Please take a look at the updated code.

[lquerel]

@AaronRM and @JakeDern , could you each review the integration I made of the new wakeup API, respectively in the durable buffer processor and the batch processor, replacing the delayed data control message that was used before?

[lquerel]

@AaronRM At the durable buffer retry state level, there is still a potential issue with unbounded heap memory usage. With the new wakeup API, I think the situation is better than before, but the heap footprint can still grow with the number of deferred bundles.

During a prolonged transient outage with small bundles, the durable backlog can become large in terms of in-memory retry metadata.

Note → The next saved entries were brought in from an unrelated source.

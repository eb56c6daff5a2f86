//! The way from the root of a text to one of its values.

ghost use Rattle.std.specs.Prelude.{◌≡◌, ◌≤◌, ◌<◌, [], ◌∷◌, length, slice_get};
ghost use Rattle.gj_json.specs.declared.limits.TheConstants.{MOST_LEVELS};
ghost use Rattle.gj_json.specs.declared.path.PathStep.TheVariants.{Index};

use crate::event::{Event, What};
use crate::flat::Flat;
use crate::limits::MOST_LEVELS;
use crate::names::Known;
use crate::sink::EventSink;

/// A step from an array to one of its elements, or from an object to the value of one of its members (RFC 8259, sections 4
/// and 5).
#[derive(Clone, Copy, Debug, PartialEq, Eq)]
pub enum PathStep {
    /// So many elements stand before it.
    Index(u64),
    /// The member has this name.
    Member(Known),
}

/// Whether a member of this name holds no features, no geometry and no coordinates (RFC 7946, sections 3 and 5).
#[inline(always)]
fn holds_no_geometry(name: Known) -> bool {
    match name {
        Known::Features | Known::Geometry | Known::Geometries | Known::Coordinates | Known::Bbox =>
            false,
        _ => true,
    }
}

/// The step to the first element of an array.
const FIRST: PathStep = PathStep::Index(0);

/// The steps from the root of a text (RFC 8259, section 2) to one of its values, the outermost first, one for each open level.
#[derive(Clone, Copy, Debug, PartialEq, Eq)]
pub struct Path {
    /// After the steps stand first elements, so that equal paths are equal here too.
    steps: [PathStep; MOST_LEVELS as usize],
    count: u16,
    ghost few: { count ≤ MOST_LEVELS },
    ghost room: { count ≤ length steps },
}

impl Path {
    ghost use Rattle.gj_json.specs.Path.{steps_of};
    ghost use Rattle.gj_json.specs.Internal.PathTrail.{inner_steps, outer_steps, inner_step, with_inner, advanced, IsSmall, HasRoom, followed};

    /// The path to the root.
    pub(crate) fn new() -> Self
        ensures { inner_steps result ≡ [] }
    {
        Path {
            steps: [FIRST; MOST_LEVELS as usize],
            count: 0,
        }
    }

    /// How many steps it has.
    pub fn len(&self) -> u16
        ensures value { result ≡ length (steps_of self.now) }
        ensures small { result ≤ MOST_LEVELS }
    {
        self.count
    }

    /// The step at `i`, counted from 0 at the root; `None` where the path is shorter.
    pub fn step(&self, i: u16) -> Option<PathStep>
        ensures { result ≡ slice_get (steps_of self.now) i }
    {
        if i < self.len() {
            Some(self.steps[i as usize])
        } else {
            None
        }
    }

    /// The innermost step.
    fn inner(&self) -> Option<PathStep>
        ensures { result ≡ inner_step (inner_steps self.now) }
    {
        if self.count == 0 {
            None
        } else {
            Some(self.steps[self.count as usize - 1])
        }
    }

    fn set_inner(&mut self, step: PathStep)
        ensures { inner_steps self.new ≡ with_inner step (inner_steps self.old) }
    {
        if self.count > 0 {
            self.steps[self.count as usize - 1] = step;
        }
    }

    /// Adds the first element's step, where there is room.
    fn open(&mut self)
        ensures { length (inner_steps self.old) < MOST_LEVELS → inner_steps self.new ≡ Index 0 ∷ inner_steps self.old }
    {
        if self.count < MOST_LEVELS {
            self.steps[self.count as usize] = FIRST;
            self.count += 1;
        }
    }

    /// Removes the innermost step, where there is one.
    pub(crate) fn close(&mut self)
        ensures { inner_steps self.new ≡ outer_steps (inner_steps self.old) }
    {
        if self.count > 0 {
            self.count -= 1;
            self.steps[self.count as usize] = FIRST;
        }
    }

    /// Goes on to the next element, where the innermost step is into an array.
    fn advance(&mut self)
        ensures { IsSmall (advanced (inner_steps self.old)) → inner_steps self.new ≡ advanced (inner_steps self.old) }
    {
        if let Some(PathStep::Index(index)) = self.inner() {
            if index < u64::MAX {
                self.set_inner(PathStep::Index(index + 1));
            }
        }
    }

    /// Whether the innermost level is the value of a member that holds no feature, no geometry and no coordinates.
    #[inline(always)]
    fn is_in_other_member(&self) -> bool {
        if self.count < 2 {
            return false;
        }
        match self.steps[self.count as usize - 2] {
            PathStep::Member(known) => holds_no_geometry(known),
            PathStep::Index(_) => false,
        }
    }

    /// Takes the steps to where they are after an event.
    #[inline(always)]
    fn follow(&mut self, what: What)
        ensures { HasRoom what (inner_steps self.old) → inner_steps self.new ≡ followed what (inner_steps self.old) }
    {
        match what {
            What::OpenArray | What::OpenObject => self.open(),
            What::CloseArray | What::CloseObject => {
                self.close();
                self.advance();
            }
            What::Name(known) => self.set_inner(PathStep::Member(known)),
            _ => self.advance(),
        }
    }
}

/// The index of a level's step is how many elements of its array have ended.
impl EventSink for Path {
    ghost use Rattle.gj_json.specs.Internal.PathTrail.{inner_steps, Follows};

    ghost heard = { λ path events. Follows (inner_steps path) events [] };

    #[inline(always)]
    fn tell(&mut self, event: Event) {
        self.follow(event.what);
    }

    #[inline(always)]
    fn tell_flat(&mut self, _flat: &Flat) {
        self.advance();
    }

    fn ignored(&self) -> u16 {
        0
    }

    fn pass(&mut self, _left: u16) {}

    #[inline(always)]
    fn may_miss(&self) -> bool {
        self.is_in_other_member()
    }

    #[inline(always)]
    fn tell_closed(&mut self) -> bool {
        self.close();
        self.advance();
        true
    }
}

I did not try to fix this because it goes well beyond the integration of the wakeup API, but I think a long-term solution would be to move the retry_at metadata directly into durable storage so that retry bookkeeping remains bounded in memory.

That said, I don't have your full design in mind, and this may not be the best approach. In any case, I'll leave it to you to take a look.

[JakeDern]

Batch processor changes look reasonable to me. I assume we'll remove the DelayedData handling code before merge since it's obsolete now

[JakeDern]

Very nice!

[JakeDern]

I'm glad this is part of the engine! I was wondering if I'd have to do a similar thing at the processor level

[AaronRM]

@AaronRM At the durable buffer retry state level, there is still a potential issue with unbounded heap memory usage. With the new wakeup API, I think the situation is better than before, but the heap footprint can still grow with the number of deferred bundles.

Thanks @lquerel. The changes with the single slot redesign now look good to me from the durable_buffer perspective. 👍

To your concern re: unbounded heap growth, I filed #2552 to track that separately. I agree that it's not something your PR should address, although as you note, your changes already improve the situation slightly.